Why is Jesse Norman out of government? Sacked as financial secretary to the Treasury in last week’s reshuffle — allegedly to make the government look more diverse, possibly because Treasury officials found him too bumptious — the live-wire MP for Hereford, whom I’ve known since he was a bright young banker 30 years ago, surely needs another challenge even if he says he doesn’t. He’s held ministerial posts in transport and industry as well as finance — and bearing in mind my remark last week about the unjoined-up, on-off nature of schemes to help the start-up ventures that are so vital to economic recovery, there’s an obvious Downing Street vacancy for someone to pull all that together and put some fireworks behind it. Bring on the Enterprise Tsar.

An original mind

Sir Clive Sinclair, the inventor who died last week, took more stick for the comic failure of his underpowered C5 electric vehicle than he ever received praise for the ZX Spectrum personal computer which was briefly a world leader in the electronics market of the 1980s. It wasn’t his fault that the UK offered (then and arguably still) such paucity of patient capital and tech-literate networks to support an original mind like his — and it’s surprising in retrospect that he never packed his bags and moved to California.

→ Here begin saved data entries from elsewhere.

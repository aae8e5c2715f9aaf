// Axes of a picture.

/// An axis of a picture.
#[derive(Clone, Copy)]
pub enum Axis {
    /// From left to right, below the field.
    Across,
    /// From below up, on the field's left.
    Upright,
}
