//! The blocks of a table of weights: one for all rows with the same polynomials.

ghost use Rattle.std.specs.Prelude.{◌≡◌, ◌+◌, ◌*◌, ◌<◌, ◌^◌, [], length, count_ones, slice_index_or, IsTrue, IfSome, IfOk};
ghost use Rattle.lift_model.specs.Model.{support, row_at};
ghost use Rattle.lift_model.specs.Links.{HasChoice, polynomials, first_row, no_first};
ghost use Rattle.lift_model.specs.Layout.{AreFirsts, AreBlocks, IsPlaced};

use crate::lists::number_at;
use crate::model::Model;
use crate::row::Row;
use crate::shared::is_same;
use std::alloc::{AllocError, Global};

/// How many slots are looked at for a row.
const TRIES: u64 = 64;

/// A row whose weights have a block in a table: the choice of a state.
#[derive(Clone, Copy)]
pub struct FirstRow {
    /// The state.
    pub state: u32,
    /// The choice.
    pub choice: u32,
}

/// The blocks so far. They are found by the hashes of rows, of which nothing is promised, and tested by
/// comparison.
#[derive(Drop)]
pub struct Blocks {
    // a hash table: the number of a block, from 1 on, or 0
    slots: Vec<u32>,
    // a part of the hash of each block
    tags: Vec<u32>,
    /// The first row of each block.
    pub firsts: Vec<FirstRow>,
    /// Where each block begins.
    pub places: Vec<u32>,
    /// How many weights they have.
    pub weights: u32,
}

/// Whether two rows have the same polynomials, entry for entry.
fn are_same(left: &Row, right: &Row) -> bool
    ensures { IsTrue result → polynomials left.now ≡ polynomials right.now }
{
    let left = left.entries();
    let right = right.entries();
    if left.len() != right.len() {
        return false;
    }
    for index in 0..left.len() {
        if !is_same(&left[index].poly, &right[index].poly) {
            return false;
        }
    }
    true
}

/// The number of corners of a row.
pub(crate) fn corners_of(row: &Row) -> u32
    ensures { result ≡ 2 ^ count_ones (support row.now) }
{
    1 << row.support().count_ones()
}

/// Where a block ends that has so many weights for each of its corners. A table of 2^32 weights would
/// take 64 gigabytes, and is refused as memory is that isn't there.
fn end_of(place: u32, entries: u32, corners: u32) -> Result<u32, AllocError>
    ensures { IfOk result (λ end. end ≡ place + entries * corners) }
{
    match entries.checked_mul(corners) {
        Some(count) => place.checked_add(count).ok_or(AllocError),
        None => Err(AllocError),
    }
}

/// Which slot a hash has after so many tries.
fn slot_of(slots: &[u32], hash: u64, tries: u64) -> usize {
    let last = slots.len().saturating_sub(1);
    (hash.wrapping_add(tries) as usize) & last
}

/// The part of a hash that is kept for a block.
fn tag_of(hash: u64) -> u32 {
    (hash >> 32) as u32
}

/// Enters a number at a hash, if a slot is free.
fn enter(slots: &mut [u32], hash: u64, number: usize) {
    for tries in 0..TRIES {
        let place = slot_of(slots, hash, tries);
        if let Some(slot) = slots.get_mut(place) {
            if *slot == 0 {
                *slot = u32::try_from(number).unwrap_or(0);
                return;
            }
        }
    }
}

impl Blocks {
    /// No blocks, with slots for so many rows.
    pub(crate) fn new(alloc: Global, rows: usize) -> Result<Blocks, AllocError>
        ensures firsts { IfOk result (λ blocks. blocks.firsts.items ≡ []) }
        ensures places { IfOk result (λ blocks. blocks.places.items ≡ []) }
        ensures weights { IfOk result (λ blocks. blocks.weights ≡ 0) }
    {
        let mut size = 1usize;
        for _ in 0..20 {
            if size < rows.saturating_mul(2) {
                size = size.saturating_mul(2);
            }
        }
        Ok(Blocks {
            slots: vec![in alloc; 0u32; size]?,
            tags: Vec::with_capacity(alloc, rows)?,
            firsts: Vec::with_capacity(alloc, rows)?,
            places: Vec::with_capacity(alloc, rows)?,
            weights: 0,
        })
    }

    /// The block of a row with the same polynomials, if one is found.
    fn find(&self, model: &Model, hash: u64, row: &Row) -> Option<usize>
        requires { AreFirsts model.now self.now.firsts.items }
        ensures { IfSome result (λ block. (block < length self.now.firsts.items)
            × (polynomials (first_row model.now (slice_index_or self.now.firsts.items block no_first)) ≡ polynomials row.now)) }
    {
        for tries in 0..TRIES {
            let slot = slot_of(&self.slots, hash, tries);
            let number = number_at(&self.slots, slot) as usize;
            if number == 0 || number > self.firsts.len() {
                return None;
            }
            let block = number - 1;
            if number_at(&self.tags, block) == tag_of(hash) && self.is_of(model, block, row) {
                return Some(block);
            }
        }
        None
    }

    /// The first row of each block, and how many weights they have. What blocks were found by goes.
    pub(crate) fn into_firsts(self) -> (Vec<FirstRow>, u32)
        ensures firsts { result.0.items ≡ self.firsts.items }
        ensures weights { result.1 ≡ self.weights }
    {
        (self.firsts, self.weights)
    }

    /// Whether a block is of a row with the same polynomials.
    fn is_of(&self, model: &Model, block: usize, row: &Row) -> bool
        requires block { block < length self.now.firsts.items }
        requires rows { AreFirsts model.now self.now.firsts.items }
        ensures { IsTrue result
            → polynomials (first_row model.now (slice_index_or self.now.firsts.items block no_first)) ≡ polynomials row.now }
    {
        let first = self.firsts[block];
        are_same(model.row(first.state, first.choice), row)
    }

    /// Where the weights of a row begin: in the block of a row with the same polynomials, or in a block
    /// more.
    pub(crate) fn place(&mut self, model: &Model, s: u32, a: u32) -> Result<u32, AllocError>
        requires blocks { AreBlocks model.now self.old }
        requires row { HasChoice model.now s a }
        ensures { IfOk result (λ place. IsPlaced model.now self.old self.new (row_at model.now s a) place) }
    {
        let row = model.row(s, a);
        let hash = row.hash();
        if let Some(block) = self.find(model, hash, row) {
            return Ok(self.places[block]);
        }
        let place = self.weights;
        let end = end_of(place, row.entries().len() as u32, corners_of(row))?;
        self.firsts.push(FirstRow {
            state: s,
            choice: a,
        })?;
        self.places.push(place)?;
        self.tags.push(tag_of(hash))?;
        enter(&mut self.slots, hash, self.firsts.len());
        self.weights = end;
        Ok(place)
    }
}
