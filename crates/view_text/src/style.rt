// How a picture looks: what tells the kinds of leaves apart, and what is the same in each picture. It
// is SVG, with a canvas of 2^20 by 2^20 units for the field.
ghost use Rattle.std.specs.Prelude.{◌≡◌, ◌≤◌, ◌+◌, ◌*◌, pos};
ghost use Rattle.lift_base.specs.Outside.{Wrote};
ghost use Rattle.view_text.specs.Picture.{size_text};
ghost use Rattle.view_text.specs.Style.{box_text, cut_start, ends_start, field_end, field_start, kind_colour};
ghost use Rattle.view_text.specs.Style.{kind_marks, kind_place, kind_word, least_height, name_start, path_start};
ghost use Rattle.view_text.specs.Style.{pattern_text, picture_start, size_end, tick_start, ticks_start, word_text};
ghost use Rattle.view_text.specs.declared.axis.Axis.TheVariants.{Across, Upright};
ghost use Rattle.view_text.specs.declared.layer.Layer.TheVariants.{Borders, Leaves};

use crate::axis::Axis;
use crate::layer::Layer;
use lift_base::{Sink, Word, WriteFault, write_all, write_words};
use view_map::{LeafKind, Slice};

// The word of a kind in the legend. Its pattern has the same name.
fn kind_word(kind: LeafKind) -> &'static [u8]
    ensures { result.now ≡ kind_word kind }
{
    match kind {
        LeafKind::Accept => b"accepted",
        LeafKind::Reject => b"rejected",
        LeafKind::Unknown => b"unknown",
    }
}

// The colour of a kind: light blue, brown, white.
fn kind_colour(kind: LeafKind) -> &'static [u8]
    ensures { result.now ≡ kind_colour kind }
{
    match kind {
        LeafKind::Accept => b"#56b4e9",
        LeafKind::Reject => b"#b04a00",
        LeafKind::Unknown => b"#fff",
    }
}

// What is drawn over the colour: nothing, white stripes, a grey dot.
fn kind_marks(kind: LeafKind) -> &'static [u8]
    ensures { result.now ≡ kind_marks kind }
{
    match kind {
        LeafKind::Accept => b"",
        LeafKind::Reject => {
            b"<path d=\"M0 20000L20000 0M-5000 5000L5000 -5000M15000 25000L25000 15000\" \
            stroke=\"#fff\" stroke-width=\"3000\"/>"
        }
        LeafKind::Unknown => b"<circle cx=\"10000\" cy=\"10000\" r=\"2500\" fill=\"#555\"/>",
    }
}

// Where a kind stands in the legend, from left to right.
fn kind_place(kind: LeafKind) -> u64
    ensures place { result ≡ kind_place kind }
    ensures within { result ≤ 300 }
{
    match kind {
        LeafKind::Accept => 20,
        LeafKind::Reject => 160,
        LeafKind::Unknown => 300,
    }
}

/// Writes the pattern of a kind: its colour and its marks, under its name.
pub(crate) fn write_pattern<K: Sink>(out: &mut K, kind: LeafKind) -> Result<(), WriteFault>
    ensures { Wrote K.taken K.faults out.old out.new result (pattern_text kind) }
{
    write_words(
        out,
        &[
            Word::Text(b"<pattern id=\""),
            Word::Text(kind_word(kind)),
            Word::Text(
                b"\" width=\"20000\" height=\"20000\" patternUnits=\"userSpaceOnUse\">\
                <path d=\"M0 0h20000v20000H0z\" fill=\"",
            ),
            Word::Text(kind_colour(kind)),
            Word::Text(b"\"/>"),
            Word::Text(kind_marks(kind)),
            Word::Text(b"</pattern>\n"),
        ],
    )
}

/// Writes the box of a kind in the legend, filled by its pattern.
pub(crate) fn write_box<K: Sink>(out: &mut K, kind: LeafKind) -> Result<(), WriteFault>
    ensures { Wrote K.taken K.faults out.old out.new result (box_text kind) }
{
    write_words(
        out,
        &[
            Word::Text(b"<svg x=\""),
            Word::Count(kind_place(kind)),
            Word::Text(
                b"\" y=\"84\" width=\"26\" height=\"18\" viewBox=\"0 0 52429 36298\">\
                <path d=\"M0 0h52429v36298H0z\" fill=\"url(#",
            ),
            Word::Text(kind_word(kind)),
            Word::Text(b")\"/></svg>\n"),
        ],
    )
}

/// Writes the word of a kind beside its box.
pub(crate) fn write_word<K: Sink>(out: &mut K, kind: LeafKind) -> Result<(), WriteFault>
    ensures { Wrote K.taken K.faults out.old out.new result (word_text kind) }
{
    write_words(
        out,
        &[
            Word::Text(b"<text x=\""),
            Word::Count(kind_place(kind) + 34),
            Word::Text(b"\" y=\"98\">"),
            Word::Text(kind_word(kind)),
            Word::Text(b"</text>\n"),
        ],
    )
}

// How high a picture is without values of parameters: less with a bar.
fn least_height(y: Option<u32>) -> u64
    ensures height { result ≡ least_height y }
    ensures within { result ≤ 748 }
{
    match y {
        None => 268,
        Some(_) => 748,
    }
}

#[tactic(auto, unfolding(crate::specs::Style::picture_start))]
fn picture_start() -> &'static [u8]
    ensures { result.now ≡ picture_start }
{
    b"<svg xmlns=\"http://www.w3.org/2000/svg\" viewBox=\"0 0 720 "
}

#[tactic(auto, unfolding(crate::specs::Style::size_end))]
fn size_end() -> &'static [u8]
    ensures { result.now ≡ size_end }
{
    b"\" role=\"img\" font-family=\"sans-serif\" font-size=\"14\">\n<title>"
}

// How high a picture is with so many lines of values.
fn height(y: Option<u32>, lines: u64) -> i128
    ensures { result ≡ pos (least_height y + 20 * lines) }
{
    i128::from(least_height(y)) + 20 * i128::from(lines)
}

/// Writes the size of a picture: a line is added for each value of a parameter.
pub(crate) fn write_size<K: Sink>(out: &mut K, slice: &Slice) -> Result<(), WriteFault>
    ensures { Wrote K.taken K.faults out.old out.new result (size_text slice.now) }
{
    let lines = slice.cuts().len() as u64;
    write_words(
        out,
        &[
            Word::Text(picture_start()),
            Word::Number(height(slice.y(), lines)),
            Word::Text(size_end()),
        ],
    )
}

/// What stands before the field: it is a bar where no parameter lies on the upright axis, and else a
/// square.
#[tactic(auto, unfolding(crate::specs::Style::field_start))]
pub(crate) fn field_start(y: Option<u32>) -> &'static [u8]
    ensures { result.now ≡ field_start y }
{
    match y {
        None => {
            b"<svg x=\"140\" y=\"116\" width=\"520\" height=\"80\" viewBox=\"0 0 1048576 1048576\" \
            preserveAspectRatio=\"xMinYMin slice\">\n"
        }
        Some(_) => {
            b"<svg x=\"140\" y=\"156\" width=\"520\" height=\"520\" viewBox=\"0 0 1048576 1048576\" \
            preserveAspectRatio=\"xMinYMin slice\">\n"
        }
    }
}

// Writes what stands before the rectangles of a kind: they are filled by its pattern.
fn write_leaves_start<K: Sink>(out: &mut K, kind: LeafKind) -> Result<(), WriteFault>
    ensures { Wrote K.taken K.faults out.old out.new result (path_start (Leaves kind)) }
{
    write_words(
        out,
        &[
            Word::Text(b"<path fill=\"url(#"),
            Word::Text(kind_word(kind)),
            Word::Text(b")\" d=\""),
        ],
    )
}

// What stands before the borders.
#[tactic(auto, unfolding(crate::specs::Style::path_start))]
fn borders_start() -> &'static [u8]
    ensures { result.now ≡ path_start Borders }
{
    b"<path fill=\"none\" stroke=\"#000\" stroke-width=\"1000\" d=\""
}

/// Writes what stands before the rectangles of a layer: they make one path.
pub(crate) fn write_path_start<K: Sink>(out: &mut K, layer: Layer) -> Result<(), WriteFault>
    ensures { Wrote K.taken K.faults out.old out.new result (path_start layer) }
{
    match layer {
        Layer::Leaves(kind) => write_leaves_start(out, kind),
        Layer::Borders => write_all(out, borders_start()),
    }
}

/// What stands behind the field: its frame, and from where on the places below it are counted.
#[tactic(auto, unfolding(crate::specs::Style::field_end))]
pub(crate) fn field_end(y: Option<u32>) -> &'static [u8]
    ensures { result.now ≡ field_end y }
{
    match y {
        None => {
            b"</svg>\n<rect x=\"140\" y=\"116\" width=\"520\" height=\"80\" fill=\"none\" stroke=\"#000\"/>\n\
            <g transform=\"translate(0 196)\">\n"
        }
        Some(_) => {
            b"</svg>\n<rect x=\"140\" y=\"156\" width=\"520\" height=\"520\" fill=\"none\" stroke=\"#000\"/>\n\
            <g transform=\"translate(0 676)\">\n"
        }
    }
}

/// What stands before the name of a parameter: below the field's middle, or above the field.
#[tactic(auto, unfolding(crate::specs::Style::name_start))]
pub(crate) fn name_start(axis: Axis) -> &'static [u8]
    ensures { result.now ≡ name_start axis }
{
    match axis {
        Axis::Across => b"<text x=\"400\" y=\"42\" text-anchor=\"middle\">",
        Axis::Upright => b"<text x=\"20\" y=\"126\">",
    }
}

/// What stands between the name and the ends.
#[tactic(auto, unfolding(crate::specs::Style::ends_start))]
pub(crate) fn ends_start(axis: Axis) -> &'static [u8]
    ensures { result.now ≡ ends_start axis }
{
    match axis {
        Axis::Across =>
            b"</text>\n<text x=\"400\" y=\"60\" font-size=\"11\" text-anchor=\"middle\">",
        Axis::Upright => b"</text>\n<text x=\"20\" y=\"144\" font-size=\"11\">",
    }
}

/// What stands before the numbers of the ticks: five marks at the field's side.
#[tactic(auto, unfolding(crate::specs::Style::ticks_start))]
pub(crate) fn ticks_start(axis: Axis) -> &'static [u8]
    ensures { result.now ≡ ticks_start axis }
{
    match axis {
        Axis::Across => {
            b"<path d=\"M140 0v6M270 0v6M400 0v6M530 0v6M660 0v6\" stroke=\"#000\"/>\n\
            <g font-size=\"12\" text-anchor=\"middle\">\n"
        }
        Axis::Upright => {
            b"<path d=\"M140 156h-6M140 286h-6M140 416h-6M140 546h-6M140 676h-6\" stroke=\"#000\"/>\n\
            <g font-size=\"12\" text-anchor=\"end\">\n"
        }
    }
}

fn write_across_start<K: Sink>(out: &mut K, n: u32) -> Result<(), WriteFault>
    requires { n ≤ 4 }
    ensures { Wrote K.taken K.faults out.old out.new result (tick_start Across n) }
{
    write_words(
        out,
        &[
            Word::Text(b"<text x=\""),
            Word::Count(u64::from(140 + 130 * n)),
            Word::Text(b"\" y=\"20\">"),
        ],
    )
}

fn write_upright_start<K: Sink>(out: &mut K, n: u32) -> Result<(), WriteFault>
    requires { n ≤ 4 }
    ensures { Wrote K.taken K.faults out.old out.new result (tick_start Upright n) }
{
    write_words(
        out,
        &[
            Word::Text(b"<text x=\"130\" y=\""),
            Word::Count(u64::from(680 - 130 * n)),
            Word::Text(b"\">"),
        ],
    )
}

/// Writes what stands before the number of a tick, so many quarters of the way along an axis.
pub(crate) fn write_tick_start<K: Sink>(out: &mut K, axis: Axis, n: u32) -> Result<(), WriteFault>
    requires { n ≤ 4 }
    ensures { Wrote K.taken K.faults out.old out.new result (tick_start axis n) }
{
    match axis {
        Axis::Across => write_across_start(out, n),
        Axis::Upright => write_upright_start(out, n),
    }
}

// Where a line below the axis stands.
fn line_place(line: u64) -> i128
    ensures { result ≡ pos (84 + 20 * line) }
{
    84 + 20 * i128::from(line)
}

/// Writes what stands before the value of a parameter, on that line below the axis.
pub(crate) fn write_cut_start<K: Sink>(out: &mut K, line: u64) -> Result<(), WriteFault>
    ensures { Wrote K.taken K.faults out.old out.new result (cut_start line) }
{
    write_words(
        out,
        &[
            Word::Text(b"<text x=\"20\" y=\""),
            Word::Number(line_place(line)),
            Word::Text(b"\" font-size=\"13\">"),
        ],
    )
}

/// Between the name of a picture and its description.
pub const DESC_START: &[u8] = b"</title>\n<desc>";

/// Between the description and the patterns.
pub const PATTERNS_START: &[u8] = b"</desc>\n<defs>\n";

/// Behind the patterns.
pub const PATTERNS_END: &[u8] = b"</defs>\n<rect width=\"720\" height=\"100%\" fill=\"#fff\"/>\n";

/// Before the first line of the title.
pub const QUESTION_START: &[u8] = b"<text x=\"20\" y=\"26\" font-size=\"15\" font-weight=\"bold\">";

/// Between the first line of the title and the second.
pub const MODEL_START: &[u8] = b"</text>\n<text x=\"20\" y=\"48\">";

/// Between the second line and the third.
pub const SHARES_START: &[u8] = b"</text>\n<text x=\"20\" y=\"70\">";

/// Before the boxes of the legend.
pub const BOXES_START: &[u8] = b"<g stroke=\"#000\" stroke-width=\"1500\">\n";

/// That the numbers of the ticks are rounded.
pub const ROUNDED_NOTE: &[u8] =
    b"<text x=\"20\" y=\"42\" font-size=\"11\">ticks are rounded</text>\n";

/// Behind what belongs together.
pub const GROUP_END: &[u8] = b"</g>\n";

/// Behind the rectangles of a layer.
pub const PATH_END: &[u8] = b"\"/>\n";

/// Behind a text.
pub const TEXT_END: &[u8] = b"</text>\n";

/// At the end.
pub const PICTURE_END: &[u8] = b"</g>\n</svg>\n";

Instead, on the verge of bankruptcy in February 1986, he avoided a proffered ‘rescue’ by Robert Maxwell and opted instead to sell his brand name and intellectual property to Alan Sugar’s Amstrad company. That conjures a vision of Sinclair as a hapless contestant on The Apprentice, bald pate gleaming under the lights as he tries to explain the workings of his product to the impatient tycoon — who is said to have replied, when this conversation happened in real life: ‘I don’t care if they have rubber bands in them, as long as they work.’

The problem was that Sinclair’s devices quite often didn’t work. But the deal went through after a hitch in which (says Sugar’s autobiography) ‘some bloody hippy’ who had written the source code for the Spectrum’s vital microchip had to be tracked down fishing in Cambridgeshire on a bank holiday and paid £20,000 for his rights. A rapidly redesigned Amstrad Sinclair model went into production in a Taiwanese factory and 300,000 were sold by Christmas. As Sugar wrote: ‘You won’t find a story like that in the Harvard Business School manual.’